*Task directions*. Lines in the entries below where the word "npool" shows up should each be copied.

*Data extracts*.
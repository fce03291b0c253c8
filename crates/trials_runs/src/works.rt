//! What is called before each step, beside the steps of journals, in all ways to run.

ghost use Rattle.std.specs.Prelude.{None};
ghost use Rattle.abt_machine.specs.Limits.{function_limit};

use abt_drain::drain_with;
use abt_lives::abtwaves;
use abt_machine::{Event, Journal, StreamNo, UnitNo, Want, What, Workload};
use abt_order::StoredOrder;
use abt_run::{Keep, abtrun};
use abt_source::{MemoryFiles, MemorySink, NamedBytes};
use abt_streams::{read_lives, run_lives};
use abt_waves::run_streams;
use abt_work::Work;
use abt_workload::read;
use hall_waves::run_in_hall;
use std::alloc::{AllocError, Global};
use std::sync::Wait;
use std::sync::atomic::{AtomicU64, Ordering};
use std::test::Fail;
use std::thread::Threads;

// One stream, and two that steal from one another.
static STREAMS: [&str; 2] = [
    "abt 3\nstreams 1\npool 0 deque mpmc\nsched 0 prio 0\nstream 0 main 0\n",
    "abt 3\nstreams 2\npool 0 deque mpmc\npool 1 deque mpmc\nsched 0 randws 1 0 1\nsched 1 randws 2 1 0\nstream 0 main 0\nstream 1 main 1\n",
];

// Forty units that call, yield and wait for a mutex. The last step of each is refused.
static UNITS: &str =
    "object 0 mutex\nunits 40\nmany 0 40 ult at 0\nlock 0\nload 0\ncall 0\nstore 0\nyield\nunlock 0\nunlock 0\nend\n";

// How many steps each stream may make, of which there are enough, and of which there are not.
static STEPS: [u64; 2] = [10_000, 50];

// More bytes than a report has.
const ROOM: usize = 100_000;

// Notes each step before which it is called, for each of two streams.
#[derive(Drop)]
struct Noting {
    first: AtomicU64,
    second: AtomicU64,
}

impl Noting {
    fn new() -> Noting {
        Noting {
            first: AtomicU64::new(0),
            second: AtomicU64::new(0),
        }
    }

    fn note_of(&self, stream: StreamNo) -> &AtomicU64 {
        if stream == StreamNo(0) {
            &self.first
        } else {
            &self.second
        }
    }

    // Whether it has noted the steps of these events, of which there are some.
    fn has_noted(&self, events: &[Event]) -> bool {
        let first = note_in(events, StreamNo(0));
        let second = note_in(events, StreamNo(1));
        (first != 0 || second != 0)
            && self.first.load(Ordering::SeqCst) == first
            && self.second.load(Ordering::SeqCst) == second
    }
}

impl Work for Noting {
    ghost count = { λ _. function_limit };

    ghost returns = { λ _ _ _ _ _. None };

    fn before_step(&self, stream: StreamNo, unit: UnitNo, at: u32) {
        let note = self.note_of(stream);
        let before = note.load(Ordering::SeqCst);
        note.store(noted(before, unit, at), Ordering::SeqCst);
    }

    fn call(&self, _function: u32, _unit: UnitNo, acc: u64, _keys: &[u64]) -> u64 {
        acc.wrapping_add(1)
    }

    fn accepts(
        &self,
        _function: u32,
        _unit: UnitNo,
        _acc: u64,
        _keys: &[u64],
        _value: u64,
    ) -> bool {
        true
    }
}

// The note of steps, and of a step of this unit at this position after them. It tells their order and their number.
fn noted(note: u64, unit: UnitNo, at: u32) -> u64 {
    note.wrapping_mul(1_000_003)
        .wrapping_add(unit.0 as u64)
        .wrapping_mul(1_000_003)
        .wrapping_add(at as u64 + 1)
}

// The note of the steps and the calls that the stream made.
fn note_in(events: &[Event], stream: StreamNo) -> u64 {
    let mut note = 0;
    for event in events.iter().filter(|event| event.stream == stream) {
        note = match event.what {
            What::Step(unit, at, _) => noted(note, unit, at),
            What::Call(unit, at, _) => noted(note, unit, at),
            _ => note,
        };
    }
    note
}

// Whether the steps of a journal that was kept were noted.
fn has_noted(work: &Noting, journal: &Option<Journal>) -> bool {
    match journal {
        Some(journal) => work.has_noted(journal.items()),
        None => false,
    }
}

// Whether the steps of a run in rotation are noted.
#[tactic(auto, using(crate::proofs::Storing::stores_calls))]
fn notes_rotation(alloc: Global, w: &Workload, steps: u64) -> Result<bool, Want> {
    w.known();
    let work = Noting::new();
    let orders = [StoredOrder::rotating(), StoredOrder::mirroring()];
    let run = drain_with(alloc, w, &orders, &work, steps, true)?;
    Ok(has_noted(&work, &run.journal))
}

// Whether the steps of a run on threads are noted.
#[tactic(auto, using(crate::proofs::Storing::stores_calls))]
fn notes_streams<R: Threads + Wait + Sync>(
    rt: &R,
    alloc: Global,
    w: &Workload,
    steps: u64,
) -> Result<bool, Want> {
    w.known();
    let work = Noting::new();
    let orders = [StoredOrder::rotating(), StoredOrder::mirroring()];
    let run = run_streams(rt, alloc, w, &orders, &work, steps, true)?;
    Ok(has_noted(&work, &run.journal))
}

// Whether the steps of a run in a hall are noted.
#[tactic(auto, using(crate::proofs::Storing::stores_calls))]
fn notes_hall<R: Threads + Wait + Sync>(
    rt: &R,
    alloc: Global,
    w: &Workload,
    steps: u64,
) -> Result<bool, Want> {
    w.known();
    let work = Noting::new();
    let orders = [StoredOrder::rotating(), StoredOrder::mirroring()];
    let run = run_in_hall(rt, alloc, w, &orders, &work, steps, true)?;
    Ok(has_noted(&work, &run.journal))
}

// Whether the steps of a run are noted whose streams all live.
#[tactic(auto, using(crate::proofs::Storing::stores_calls))]
fn notes_lives<R: Threads + Wait + Sync>(
    rt: &R,
    alloc: Global,
    w: &Workload,
    steps: u64,
) -> Result<bool, Fail> {
    let lives = read_lives(alloc, w, b"")?;
    w.known();
    let work = Noting::new();
    let orders = [StoredOrder::rotating(), StoredOrder::mirroring()];
    let run = run_lives(rt, alloc, w, &lives, &orders, &work, steps)?;
    Ok(work.has_noted(run.journal.items()))
}

// The text of the workload over these streams.
fn text_of(alloc: Global, streams: &str) -> Result<String, AllocError> {
    let mut text = String::from_str(alloc, streams)?;
    text.push_str(UNITS)?;
    Ok(text)
}

// Whether each way to run it notes its steps.
fn notes<R: Threads + Wait + Sync>(
    rt: &R,
    alloc: Global,
    streams: &str,
    steps: u64,
) -> Result<bool, Fail> {
    let text = text_of(alloc, streams)?;
    let w = read(alloc, text.as_bytes())?;
    Ok(
        notes_rotation(alloc, &w, steps)?
            && notes_streams(rt, alloc, &w, steps)?
            && notes_hall(rt, alloc, &w, steps)?
            && notes_lives(rt, alloc, &w, steps)?,
    )
}

#[test]
fn each_step_is_told_once_before_it(rt: HostRuntime) -> Result<(), Fail> {
    for streams in STREAMS {
        for steps in STEPS {
            let is = notes(&rt, rt.alloc(), streams, steps)?;
            assert!(rt; is, "{steps} steps of {streams}");
        }
    }
    Ok(())
}

// The words of a call.
fn list_of(alloc: Global, words: &[&str]) -> Result<Vec<String>, AllocError> {
    let mut list = Vec::new(alloc);
    for word in words {
        list.push(String::from_str(alloc, word)?)?;
    }
    Ok(list)
}

// A file of that name.
fn file(alloc: Global, name: &str, text: &str) -> Result<NamedBytes, AllocError> {
    let name = String::from_str(alloc, name)?;
    let bytes = Vec::from_slice(alloc, text.as_bytes())?;
    Ok(NamedBytes { name, bytes })
}

// The workload over these streams in a file `w`, and no lives in a file `l`.
fn files_of(alloc: Global, streams: &str) -> Result<MemoryFiles, AllocError> {
    let text = text_of(alloc, streams)?;
    let w = file(alloc, "w", text.as_str())?;
    let l = file(alloc, "l", "")?;
    Ok(MemoryFiles::new(vec![in alloc; w, l]?, Vec::new(alloc)))
}

// Whether the steps of a call of `abtrun` are noted.
fn notes_abtrun<R: Threads + Wait + Sync>(
    rt: &R,
    alloc: Global,
    streams: &str,
) -> Result<bool, Fail> {
    let words = list_of(alloc, &["run", "w"])?;
    let mut files = files_of(alloc, streams)?;
    let mut out = MemorySink::new(alloc, ROOM, ROOM, Vec::new(alloc))?;
    let mut err = MemorySink::new(alloc, ROOM, ROOM, Vec::new(alloc))?;
    let work = Noting::new();
    let orders = [StoredOrder::rotating(), StoredOrder::mirroring()];
    let answer = abtrun(
        rt,
        alloc,
        &words,
        &mut files,
        &mut out,
        &mut err,
        &work,
        &orders,
        Keep::Always,
    );
    Ok(answer.status == 0 && has_noted(&work, &answer.journal))
}

// Whether the steps of a call of `abtwaves` are noted.
fn notes_abtwaves<R: Threads + Wait + Sync>(
    rt: &R,
    alloc: Global,
    streams: &str,
) -> Result<bool, Fail> {
    let words = list_of(alloc, &["w", "l"])?;
    let mut files = files_of(alloc, streams)?;
    let mut out = MemorySink::new(alloc, ROOM, ROOM, Vec::new(alloc))?;
    let mut err = MemorySink::new(alloc, ROOM, ROOM, Vec::new(alloc))?;
    let work = Noting::new();
    let orders = [StoredOrder::rotating(), StoredOrder::mirroring()];
    let ended = abtwaves(
        rt, alloc, &words, &mut files, &mut out, &mut err, &work, &orders,
    );
    Ok(ended.status == 0 && work.has_noted(ended.journal.items()))
}

#[test]
fn each_step_of_a_call_is_told_once_before_it(rt: HostRuntime) -> Result<(), Fail> {
    for streams in STREAMS {
        let run = notes_abtrun(&rt, rt.alloc(), streams)?;
        let waves = notes_abtwaves(&rt, rt.alloc(), streams)?;
        assert!(rt; run && waves, "{streams}");
    }
    Ok(())
}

*Result*.
    "abt 3\nstreams 1\npool 0 deque mpmc\nsched 0 prio 0\nstream 0 main 0\n",
    "abt 3\nstreams 2\npool 0 deque mpmc\npool 1 deque mpmc\nsched 0 randws 1 0 1\nsched 1 randws 2 1 0\nstream 0 main 0\nstream 1 main 1\n",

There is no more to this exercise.